◆ **Instructions for the task**:
Below is the data. Give it again, complete and exact.

Segment Open

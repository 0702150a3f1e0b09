//! The laws of runs. Each is the contract of a function that does nothing.
ghost use Rattle.std.specs.Prelude.{◌≡◌, ◌⊎◌, ◌∷◌, ◌++◌, [], IsTrue, not, true, codes, slice_get, ℕ, List as Seq, Option as Maybe, None, Ok, Some};
ghost use Rattle.std.specs.List.{AllByRecursion, list_all};
ghost use Rattle.row_values.specs.declared.schema.Column.{Column};
ghost use Rattle.row_values.specs.declared.schema.TableSchema.{TableSchema};
ghost use Rattle.row_values.specs.declared.value.Value.{Value};
ghost use Rattle.sql_statements.specs.declared.statement.Source.{Source};
ghost use Rattle.sql_statements.specs.declared.statement.Statement.{Statement};
ghost use Rattle.sql_statements.specs.Serial.{Told};
ghost use Rattle.sql_statements.specs.Tables.{branch_of, is_dml};
ghost use Rattle.store_core.specs.Files.{Files, KeepsFiles};
ghost use Rattle.session_machine.specs.declared.answer.Answer.{Answer as Said};
ghost use Rattle.session_machine.specs.declared.event.Stepped.{Stepped as Step};
ghost use Rattle.session_machine.specs.declared.place.Place.{Place as Stand};
ghost use Rattle.session_machine.specs.declared.place.Phase.TheVariants as phases;
ghost use Rattle.session_machine.specs.Machine.{Turned, turn, turn_of};
ghost use Rattle.session_machine.specs.Plans.{is_creation};
ghost use Rattle.schedule_runner.specs.Conflicts.{is_its_own, meets_none};
ghost use Rattle.session_steps.specs.Open.{IsOpen};
ghost use Rattle.session_steps.specs.declared.session.Session.{Session};
ghost use Rattle.session_steps.specs.Steps.{EndsOf, IsHeld, IsStep, LeavesRows};
ghost use Rattle.session_steps.specs.declared.fault.RunFault.{RunFault};
ghost use Rattle.schedule_runner.specs.Running.{Ended, Finished, Running};
ghost use Rattle.schedule_runner.specs.Runs.{IsRun, IsSerial, told_at, told_by};

/// A run with the machine's next step behind it is a run.
pub fn a_run_goes_on_by_a_step()
    ensures { (table : Seq ℕ) (sources : Seq Source) (files : Files) (statements : Seq Statement) (current last : ℕ)
        (place to : Stand) (steps : Seq Step) (turned : Turned) → IsRun table sources files statements current place steps last to
        → turn table sources files last to statements ≡ Ok turned
        → IsRun table sources files statements current place (steps ++ turned.stepped ∷ []) turned.current turned.place }
{}

/// A run is the same when files are added.
pub fn a_run_stands_when_files_are_added()
    ensures { (table : Seq ℕ) (sources : Seq Source) (old new : Files) (statements : Seq Statement) (current last : ℕ)
        (place to : Stand) (steps : Seq Step) → KeepsFiles (Some old) (Some new)
        → IsRun table sources old statements current place steps last to
        → IsRun table sources new statements current place steps last to }
{}

/// Where the rows so far are those of a serial run, and a step leaves the rows as its answer says, the rows after it are those of
/// the serial run with the statement, where it is carried out.
pub fn a_step_carries_a_serial_run_on()
    ensures { (columns : Seq Column) (sources : Seq Source) (s : Statement) (answer : Maybe Said)
        (begun before after : Seq (Seq Value)) (told : Seq Told) → is_dml s ≡ true → branch_of s ≡ codes "main"
        → IsSerial columns sources begun told before → LeavesRows sources columns s answer before after
        → IsSerial columns sources begun (told ++ told_by s answer) after }
{}

/// A step tells of the statement at hand alone, and the session stays at it, or is before the plan of the next one.
pub fn a_step_is_of_the_statement_at_hand()
    ensures tells { (table : Seq ℕ) (sources : Seq Source) (files : Files) (current : ℕ) (place : Stand) (s : Statement)
        (statements : Seq Statement) (turned : Turned) → slice_get statements place.at ≡ Some s
        → turn_of table sources files current place s place.phase ≡ Ok turned
        → told_at statements turned.stepped ≡ told_by s turned.stepped.answer }
    ensures stays { (table : Seq ℕ) (sources : Seq Source) (files : Files) (current : ℕ) (place : Stand) (s : Statement)
        (turned : Turned) → turn_of table sources files current place s place.phase ≡ Ok turned
        → (turned.place.phase ≡ phases.Plan) ⊎ (turned.place.at ≡ place.at) }
{}

/// A session is running before its first step, and is finished once it runs and all its statements are answered.
pub fn a_session_runs_from_its_begin_to_its_end()
    ensures begins { (table : Seq ℕ) (schema : TableSchema) (sources : Seq Source) (statements : Seq Statement) (start : Files)
        (first : ℕ) (begun : IsOpen table schema start first) (session : Session)
        → IsHeld table schema sources statements start session → Running table schema sources statements start first session.place begun start session [] }
    ensures finishes { (table : Seq ℕ) (schema : TableSchema) (sources : Seq Source) (statements : Seq Statement)
        (start files : Files) (first : ℕ) (place : Stand) (begun : IsOpen table schema start first) (session : Session) (steps : Seq Step)
        → Running table schema sources statements start first place begun files session steps
        → slice_get statements session.place.at ≡ None
        → Finished table schema sources statements start first place begun files steps }
{}

/// A step that is made keeps a session running: on the files after it the steps with it are the machine's, the table is open, and
/// its rows are those of the serial run of what was carried out.
pub fn a_step_that_is_made_goes_on()
    ensures { (table : Seq ℕ) (schema : TableSchema) (sources : Seq Source) (statements : Seq Statement) (start old new : Files)
        (first : ℕ) (place : Stand) (begun : IsOpen table schema start first) (session after : Session) (steps : Seq Step)
        (s : Statement) (stepped : Step)
        → AllByRecursion (λ x. is_dml x ≡ true) statements → AllByRecursion (λ x. branch_of x ≡ codes "main") statements
        → KeepsFiles (Some old) (Some new)
        → (running : Running table schema sources statements start first place begun old session steps)
        → slice_get statements session.place.at ≡ Some s
        → IsStep table schema sources s old new running.last session.place after stepped
        → Running table schema sources statements start first place begun new after (steps ++ stepped ∷ []) }
{}

/// A step that is not made to its end leaves the rows of what was carried out, or, where a swap may have won, of that and of the
/// statement at hand.
pub fn a_step_that_fails_ends_a_run()
    ensures { (table : Seq ℕ) (schema : TableSchema) (sources : Seq Source) (statements : Seq Statement) (start old new : Files)
        (first : ℕ) (place : Stand) (begun : IsOpen table schema start first) (session : Session) (steps : Seq Step) (s : Statement)
        (before now : ℕ) (fault : RunFault)
        → AllByRecursion (λ x. is_dml x ≡ true) statements → AllByRecursion (λ x. branch_of x ≡ codes "main") statements
        → KeepsFiles (Some old) (Some new)
        → (running : Running table schema sources statements start first place begun old session steps)
        → slice_get statements session.place.at ≡ Some s
        → EndsOf table schema sources (Some s) old new running.last session.place before now fault
        → (ended : Ended table schema sources statements start first place begun new session.place steps before now fault)
        × (ended.last ≡ running.last) }
{}

/// A session that is alone on a table meets no conflict, and no swap of its is lost: a statement that makes no branch is carried
/// out, or changes nothing, or is refused for want of its branch or by plain SQL.
pub fn a_lone_session_meets_no_conflict()
    ensures none { (table : Seq ℕ) (sources : Seq Source) (files : Files) (statements : Seq Statement) (current : ℕ) (place : Stand)
        (steps : Seq Step) (last : ℕ) (to : Stand) → place.phase ≡ phases.Plan
        → IsTrue (list_all (λ s. not (is_creation s)) statements)
        → IsRun table sources files statements current place steps last to
        → IsTrue (list_all (λ stepped. meets_none stepped.answer) steps) }
    ensures own { (table : Seq ℕ) (sources : Seq Source) (files : Files) (statements : Seq Statement) (current : ℕ) (place : Stand)
        (steps : Seq Step) (last : ℕ) (to : Stand) → place.phase ≡ phases.Plan
        → IsTrue (list_all (λ s. not (is_creation s)) statements)
        → IsRun table sources files statements current place steps last to
        → IsTrue (list_all (λ stepped. is_its_own stepped.answer) steps) }
{}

Segment Closed

◆ **Answer section**:
repository 0702150a3f1e0b09
//! The laws of runs. Each is the contract of a function that does nothing.
ghost use Rattle.std.specs.Prelude.{◌≡◌, ◌⊎◌, ◌∷◌, ◌++◌, [], IsTrue, not, true, codes, slice_get, ℕ, List as Seq, Option as Maybe, None, Ok, Some};
ghost use Rattle.std.specs.List.{AllByRecursion, list_all};
ghost use Rattle.row_values.specs.declared.schema.Column.{Column};
ghost use Rattle.row_values.specs.declared.schema.TableSchema.{TableSchema};
ghost use Rattle.row_values.specs.declared.value.Value.{Value};
ghost use Rattle.sql_statements.specs.declared.statement.Source.{Source};
ghost use Rattle.sql_statements.specs.declared.statement.Statement.{Statement};
ghost use Rattle.sql_statements.specs.Serial.{Told};
ghost use Rattle.sql_statements.specs.Tables.{branch_of, is_dml};
ghost use Rattle.store_core.specs.Files.{Files, KeepsFiles};
ghost use Rattle.session_machine.specs.declared.answer.Answer.{Answer as Said};
ghost use Rattle.session_machine.specs.declared.event.Stepped.{Stepped as Step};
ghost use Rattle.session_machine.specs.declared.place.Place.{Place as Stand};
ghost use Rattle.session_machine.specs.declared.place.Phase.TheVariants as phases;
ghost use Rattle.session_machine.specs.Machine.{Turned, turn, turn_of};
ghost use Rattle.session_machine.specs.Plans.{is_creation};
ghost use Rattle.schedule_runner.specs.Conflicts.{is_its_own, meets_none};
ghost use Rattle.session_steps.specs.Open.{IsOpen};
ghost use Rattle.session_steps.specs.declared.session.Session.{Session};
ghost use Rattle.session_steps.specs.Steps.{EndsOf, IsHeld, IsStep, LeavesRows};
ghost use Rattle.session_steps.specs.declared.fault.RunFault.{RunFault};
ghost use Rattle.schedule_runner.specs.Running.{Ended, Finished, Running};
ghost use Rattle.schedule_runner.specs.Runs.{IsRun, IsSerial, told_at, told_by};

/// A run with the machine's next step behind it is a run.
pub fn a_run_goes_on_by_a_step()
    ensures { (table : Seq ℕ) (sources : Seq Source) (files : Files) (statements : Seq Statement) (current last : ℕ)
        (place to : Stand) (steps : Seq Step) (turned : Turned) → IsRun table sources files statements current place steps last to
        → turn table sources files last to statements ≡ Ok turned
        → IsRun table sources files statements current place (steps ++ turned.stepped ∷ []) turned.current turned.place }
{}

/// A run is the same when files are added.
pub fn a_run_stands_when_files_are_added()
    ensures { (table : Seq ℕ) (sources : Seq Source) (old new : Files) (statements : Seq Statement) (current last : ℕ)
        (place to : Stand) (steps : Seq Step) → KeepsFiles (Some old) (Some new)
        → IsRun table sources old statements current place steps last to
        → IsRun table sources new statements current place steps last to }
{}

/// Where the rows so far are those of a serial run, and a step leaves the rows as its answer says, the rows after it are those of
/// the serial run with the statement, where it is carried out.
pub fn a_step_carries_a_serial_run_on()
    ensures { (columns : Seq Column) (sources : Seq Source) (s : Statement) (answer : Maybe Said)
        (begun before after : Seq (Seq Value)) (told : Seq Told) → is_dml s ≡ true → branch_of s ≡ codes "main"
        → IsSerial columns sources begun told before → LeavesRows sources columns s answer before after
        → IsSerial columns sources begun (told ++ told_by s answer) after }
{}

/// A step tells of the statement at hand alone, and the session stays at it, or is before the plan of the next one.
pub fn a_step_is_of_the_statement_at_hand()
    ensures tells { (table : Seq ℕ) (sources : Seq Source) (files : Files) (current : ℕ) (place : Stand) (s : Statement)
        (statements : Seq Statement) (turned : Turned) → slice_get statements place.at ≡ Some s
        → turn_of table sources files current place s place.phase ≡ Ok turned
        → told_at statements turned.stepped ≡ told_by s turned.stepped.answer }
    ensures stays { (table : Seq ℕ) (sources : Seq Source) (files : Files) (current : ℕ) (place : Stand) (s : Statement)
        (turned : Turned) → turn_of table sources files current place s place.phase ≡ Ok turned
        → (turned.place.phase ≡ phases.Plan) ⊎ (turned.place.at ≡ place.at) }
{}

/// A session is running before its first step, and is finished once it runs and all its statements are answered.
pub fn a_session_runs_from_its_begin_to_its_end()
    ensures begins { (table : Seq ℕ) (schema : TableSchema) (sources : Seq Source) (statements : Seq Statement) (start : Files)
        (first : ℕ) (begun : IsOpen table schema start first) (session : Session)
        → IsHeld table schema sources statements start session → Running table schema sources statements start first session.place begun start session [] }
    ensures finishes { (table : Seq ℕ) (schema : TableSchema) (sources : Seq Source) (statements : Seq Statement)
        (start files : Files) (first : ℕ) (place : Stand) (begun : IsOpen table schema start first) (session : Session) (steps : Seq Step)
        → Running table schema sources statements start first place begun files session steps
        → slice_get statements session.place.at ≡ None
        → Finished table schema sources statements start first place begun files steps }
{}

/// A step that is made keeps a session running: on the files after it the steps with it are the machine's, the table is open, and
/// its rows are those of the serial run of what was carried out.
pub fn a_step_that_is_made_goes_on()
    ensures { (table : Seq ℕ) (schema : TableSchema) (sources : Seq Source) (statements : Seq Statement) (start old new : Files)
        (first : ℕ) (place : Stand) (begun : IsOpen table schema start first) (session after : Session) (steps : Seq Step)
        (s : Statement) (stepped : Step)
        → AllByRecursion (λ x. is_dml x ≡ true) statements → AllByRecursion (λ x. branch_of x ≡ codes "main") statements
        → KeepsFiles (Some old) (Some new)
        → (running : Running table schema sources statements start first place begun old session steps)
        → slice_get statements session.place.at ≡ Some s
        → IsStep table schema sources s old new running.last session.place after stepped
        → Running table schema sources statements start first place begun new after (steps ++ stepped ∷ []) }
{}

/// A step that is not made to its end leaves the rows of what was carried out, or, where a swap may have won, of that and of the
/// statement at hand.
pub fn a_step_that_fails_ends_a_run()
    ensures { (table : Seq ℕ) (schema : TableSchema) (sources : Seq Source) (statements : Seq Statement) (start old new : Files)
        (first : ℕ) (place : Stand) (begun : IsOpen table schema start first) (session : Session) (steps : Seq Step) (s : Statement)
        (before now : ℕ) (fault : RunFault)
        → AllByRecursion (λ x. is_dml x ≡ true) statements → AllByRecursion (λ x. branch_of x ≡ codes "main") statements
        → KeepsFiles (Some old) (Some new)
        → (running : Running table schema sources statements start first place begun old session steps)
        → slice_get statements session.place.at ≡ Some s
        → EndsOf table schema sources (Some s) old new running.last session.place before now fault
        → (ended : Ended table schema sources statements start first place begun new session.place steps before now fault)
        × (ended.last ≡ running.last) }
{}

/// A session that is alone on a table meets no conflict, and no swap of its is lost: a statement that makes no branch is carried
/// out, or changes nothing, or is refused for want of its branch or by plain SQL.
pub fn a_lone_session_meets_no_conflict()
    ensures none { (table : Seq ℕ) (sources : Seq Source) (files : Files) (statements : Seq Statement) (current : ℕ) (place : Stand)
        (steps : Seq Step) (last : ℕ) (to : Stand) → place.phase ≡ phases.Plan
        → IsTrue (list_all (λ s. not (is_creation s)) statements)
        → IsRun table sources files statements current place steps last to
        → IsTrue (list_all (λ stepped. meets_none stepped.answer) steps) }
    ensures own { (table : Seq ℕ) (sources : Seq Source) (files : Files) (statements : Seq Statement) (current : ℕ) (place : Stand)
        (steps : Seq Step) (last : ℕ) (to : Stand) → place.phase ≡ phases.Plan
        → IsTrue (list_all (λ s. not (is_creation s)) statements)
        → IsRun table sources files statements current place steps last to
        → IsTrue (list_all (λ stepped. is_its_own stepped.answer) steps) }
{}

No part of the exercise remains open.